ISP help desk manager fell for 'Internet Cleaning Day' prank
Briefly

ISP help desk manager fell for 'Internet Cleaning Day' prank
"This week, meet a reader we'll Regomize as "Mason" who told us that in the mid-1990s he worked as a Unix administrator for a daily newspaper which decided to start a new business as a dialup internet service provider (ISP). The ISP was set up as a separate department with its own help desk and server administrators, but Mason was sometimes called in to help because the Unix boxes he managed handled jobs like dialup authentication and DNS."
"Mason also pointed out that in the innocent early years of the internet, netizens enjoyed sharing prank emails. One day, he received such a message about "Internet Cleaning Day" which explained that in a few days, at midnight, the entire Internet would be shut down and scrubbed clean for six hours. "During that window, lost packets would be cleaned out of routers, dead gopher servers would be pulled out of holes, leaky pipes would be mended, etc," Mason explained to On Call."

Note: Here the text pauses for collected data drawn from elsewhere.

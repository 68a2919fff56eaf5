//! What of the bytes of a connection is not answered yet.

use crate::dropped::Dropped;
use crate::line::LineBuf;

/// The bytes that are read and not answered.
#[derive(Drop)]
pub(crate) enum Unread {
    /// The begin of a line.
    Line(LineBuf),
    /// A line with a fault.
    Dropped(Dropped),
}
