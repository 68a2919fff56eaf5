//! Messages that come to a mailbox from elsewhere, and what is reported of them (RFC 9051, section 7.4.1).

use crate::mailbox_commands::count_of;
use crate::service::Service;
use crate::writing::say;
use imap_commands::command::Command;
use imap_replies::reply::Reply;
use mailcore::flags::Flags;
use mailcore::uid::Uid;
use std::alloc::AllocError;
use wire_strings::octets::LentOctets;

impl Service {
    ghost use Rattle.std.specs.Prelude.{◌≡◌, ◌||◌, OnOk, OnErr, IfOk};
    ghost use Rattle.imap_session.specs.Servers.{news, reported};
    ghost use Rattle.imap_session.specs.Steps.{Step};
    ghost use Rattle.imap_session.specs.Arrivals.{is_selected, Arrived};
    ghost use Rattle.imap_server.specs.Writing.{Wrote, AnsweredBy};

    /// Reports how many messages the selected mailbox has, if some have arrived since that was reported.
    pub(crate) fn say_news(&self, out: &mut Vec<u8>) -> Result<(), AllocError>
        ensures { OnOk result (Wrote (news self.now) out.old.items out.new.items) }
    {
        if !self.has_news {
            return Ok(());
        }
        match self.selected_place() {
            Some(place) => say(&Reply::Exists(count_of(self.mailbox(place))), out),
            None => Ok(()),
        }
    }

    /// Does what the command asks for, once the news was reported. If memory runs out, the news counts as not reported.
    pub(crate) fn answer_reported(
        &mut self,
        command: Command,
        out: &mut Vec<u8>,
    ) -> Result<(), AllocError>
        ensures ok { OnOk result (AnsweredBy (Step (reported self.old) command) out.old.items out.new.items self.new) }
        ensures err { OnErr result (self.new ≡ self.old) }
    {
        let had_news = self.has_news;
        self.set_news(false);
        match self.answer(command, out) {
            Ok(()) => Ok(()),
            Err(AllocError) => {
                self.set_news(had_news);
                Err(AllocError)
            }
        }
    }

    /// Adds a message that comes from elsewhere to the mailbox of this name, under its next UID, with those of the flags that have a
    /// name.
    pub(crate) fn arrive(
        &mut self,
        name: &[u8],
        flags: Flags,
        message: &[u8],
    ) -> Result<Option<Uid>, AllocError>
        ensures ok { IfOk result (λ uid. Arrived name.now flags message.now uid self.old self.new) }
        ensures err { OnErr result (self.new ≡ self.old) }
    {
        let Some(place) = self.place_of(name) else {
            return Ok(None);
        };
        if LentOctets::read(message).is_none() {
            return Ok(None);
        }
        match Uid::new(self.mailbox(place).next) {
            Some(uid) => {
                let mut bytes = Vec::new(self.alloc);
                bytes.extend_from_slice(message)?;
                let flags = flags.kept(&self.keywords);
                self.add(place, uid, flags, bytes)?;
                self.note(name);
                Ok(Some(uid))
            }
            None => Ok(None),
        }
    }

    /// There is news to report, if the mailbox of this name is selected.
    fn note(&mut self, name: &[u8])
        ensures { self.new ≡ record self.old { has_news = is_selected name.now self.old.condition || self.old.has_news } }
    {
        if self.is_selected(name) {
            self.set_news(true);
        }
    }
}
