//! The condition of a connection (RFC 9051, section 3).

use wire_strings::text::Text;

/// What a connection may ask for.
#[derive(Drop)]
pub(crate) enum ConnectionState {
    /// Nobody is logged in.
    NotAuthenticated,
    /// Somebody is, and no mailbox is selected.
    Authenticated,
    /// The mailbox of this name is selected.
    Selected(Text),
    /// Nothing more is read.
    LoggedOut,
}
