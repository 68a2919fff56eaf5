//! A line with a fault, of which no more is kept than its end needs.

use crate::fault::LineFault;

/// A line that is dropped up to its end.
#[derive(Drop)]
pub(crate) struct Dropped {
    /// What is wrong with it.
    pub(crate) fault: LineFault,
    // the last three bytes from the fault on, with zeros before them where there are fewer
    last: [u8; 3],
}

impl Dropped {
    ghost use Rattle.std.specs.Prelude.{◌≡◌, ◌<◌, ◌≤◌, ◌∷◌, [], length, IfSome};
    ghost use Rattle.imap_server.specs.Dropping.{Passes, loses_octets};
    ghost use Rattle.imap_server.specs.Unreads.{fault_of};

    /// The line, before the byte with the fault.
    pub(crate) fn new(fault: LineFault) -> Dropped
        ensures fault { result.fault ≡ fault }
        ensures last { result.last ≡ 0 ∷ 0 ∷ 0 ∷ [] }
    {
        Dropped {
            fault,
            last: [0, 0, 0],
        }
    }

    /// Skips bytes up to the line end. Returns how many these are, with the line end, or `None` if the line goes on; then all are skipped.
    pub(crate) fn pass(&mut self, bytes: &[u8]) -> Option<usize>
        ensures passes { Passes self.old.last bytes.now result self.new.last }
        ensures count { IfSome result (λ n. (0 < n) × (n ≤ length bytes.now)) }
        ensures same { self.new.fault ≡ self.old.fault }
    {
        for (i, &b) in bytes.iter().enumerate() {
            if b == b'\n' && self.last[2] == b'\r' {
                return Some(i + 1);
            }
            self.last = [self.last[1], self.last[2], b];
        }
        None
    }

    /// Whether octets of a literal follow that is too long: the line ended with `+}`, so that nobody waits.
    pub(crate) fn loses_octets(&self) -> bool
        ensures { result ≡ loses_octets (fault_of self.now.fault) self.now.last }
    {
        match self.fault {
            LineFault::Syntax(_) => false,
            LineFault::LiteralTooLong(_) => self.last == *b"+}\r",
        }
    }
}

In the mid-1990s a Unix administrator named Mason supported a newspaper that launched a dialup ISP as a separate department. The ISP maintained its own help desk and server admins, but Mason's Unix servers handled critical services such as dialup authentication and DNS, requiring occasional intervention. Early internet users frequently circulated prank emails, and Mason forwarded one claiming an upcoming "Internet Cleaning Day" outage. The ISP help desk manager accepted the prank as real and began preparing customer notifications. Mason discovered the outgoing notice after lunch and chose to call the help desk manager to explain the message before customers were informed.